Chladek Michael, Meza Maria Virginia, Wang Jessie, Sae-Hau Maria, Buenfil Ana, Turnbull James, Zaman Faraz, Despiegel Nicolas
IQVIA, Rosemont, IL, USA.
Amgen Inc, Barcelona, Spain.
Oncol Ther. 2025 Jun;13(2):409-428. doi: 10.1007/s40487-025-00336-4. Epub 2025 Apr 13.
Treatment outcomes for older adults with B cell acute lymphoblastic leukemia (B cell ALL) are poor, partially because of poor tolerance to intense chemotherapy. Information on patient experience-an important consideration in drug development-is lacking. We investigated the signs, symptoms, and impacts of B cell ALL on older patients (or those with comorbidities that may reduce chemotherapy tolerance).

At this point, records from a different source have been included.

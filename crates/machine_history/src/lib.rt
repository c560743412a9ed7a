//! Machines whose faults come and go, and what is left alone of them.
//!
//! A history gives the faults of a machine at each instant of each cycle. Over a history there is one run; over one and the same
//! set it is the run under this set; and the first cycles of a run over a history are one (`over`). A tenant of an image is a part
//! of it that shares no wire with the rest. Where a history leaves it alone it reads as it does by itself on a machine without
//! faults, whatever is done to all else, at any time (`alone`).
#![tactic(auto)]

pub mod alone;
pub mod over;
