//! The rows of a netlist. What reads vectors and writes rows is handed on from `design_vectors`.
//!
//! Each step gives the outputs in a right valuation and then takes the next state; `step_ahead` does the same whatever the text
//! that it is given says of the vectors to come. No call takes memory after its constructor.
#![tactic(auto)]

mod bits;
mod block;
mod eval;
mod lanes;
mod latches;
mod marks;
mod plan;
mod readers;
mod smalls;
mod table_word;
mod tables;
mod turns;
mod wiring;
mod word_truth;

pub use design_vectors::{RowText, VectorKind, VectorText, VectorsFail};
pub use eval::Eval;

This observational study involved teleconference-based, qualitative, semi-structured interviews with patients newly diagnosed with B cell ALL, aged ≥ 55 years, or 30-54 years with ≥ 1 comorbidity. Participants described their B cell ALL experience, including signs, symptoms, and impacts, and how bothersome/disturbing these were from 0 (not at all) to 10 (greatly) at three timepoints (around diagnosis, at worst, and at interview). Salient signs/symptoms were those reported by ≥ 40%, with average disturbance ratings of ≥ 4. A conceptual model of key disease- and treatment-related signs, symptoms, and impacts was developed.
Interviews with 20 participants (mean age 57.9 years; 80% diagnosed within 18 months) revealed 63 signs/symptoms and 37 impacts. All reported fatigue-related symptoms, and most reported gastrointestinal (n = 18, 90%), central/peripheral nervous system (n = 16, 80%), and pain-, respiratory-, blood-, and mouth-related (all n = 14, 70%) symptoms. Eight signs/symptoms were salient around diagnosis (fatigue, tiredness, weakness, exhaustion, shortness of breath, sweating, general pain, and diarrhea) and 16 were salient "at worst"; four remained salient at interview (all fatigue-related). All participants reported emotional impacts, and most reported physical and social impacts (both n = 16, 80%). The most frequent impact was inability to do previous hobbies/activities (n = 15, 75%), followed by decreased ability for activities of daily living and worry/fear/nervousness (both n = 12, 60%).
This study provides insight into patients' experience with newly diagnosed B cell ALL among older patients or those with clinically significant comorbidities. This enhances understanding of what matters most to patients and informs future treatment development and clinical care.
老年B细胞急性淋巴细胞白血病(B细胞ALL)患者的治疗效果较差,部分原因是对强化化疗的耐受性差。目前缺乏关于患者体验的信息,而这是药物研发中的一个重要考量因素。我们调查了B细胞ALL对老年患者(或有合并症可能降低化疗耐受性的患者)的体征、症状及影响。
这项观察性研究包括对新诊断为B细胞ALL的患者进行基于电话会议的定性半结构化访谈,患者年龄≥55岁,或年龄在30 - 54岁且患有≥1种合并症。参与者描述了他们患B细胞ALL的经历,包括体征、症状及影响,并在三个时间点(诊断前后、最严重时、访谈时)对这些症状的困扰程度从0(完全没有)到10(非常严重)进行评分。显著的体征/症状是指报告率≥40%且平均困扰评分≥4的症状。据此建立了一个关键疾病和治疗相关体征、症状及影响的概念模型。
对20名参与者(平均年龄57.9岁;80%在18个月内确诊)的访谈揭示了63种体征/症状和37种影响。所有参与者都报告了与疲劳相关的症状,大多数人报告了胃肠道症状(n = 18,90%)、中枢/外周神经系统症状(n = 16,80%)以及与疼痛、呼吸、血液和口腔相关的症状(均n = 14,70%)。诊断前后有8种体征/症状较为显著(疲劳、疲倦、虚弱乏力、疲惫、呼吸急促、出汗、全身疼痛和腹泻),“最严重时”有16种较为显著;访谈时有4种仍较为显著(均与疲劳相关)。所有参与者都报告了情绪方面的影响,大多数人报告了身体和社交方面的影响(均n = 16,80%)。最常见的影响是无法进行以前的爱好/活动(n = 15,75%),其次是日常生活活动能力下降以及担忧/恐惧/紧张(均n = 12,60%)。
本研究深入了解了老年患者或有临床显著合并症的患者新诊断B细胞ALL的经历。这增进了对患者最重要事项的理解,并为未来的治疗研发和临床护理提供了参考。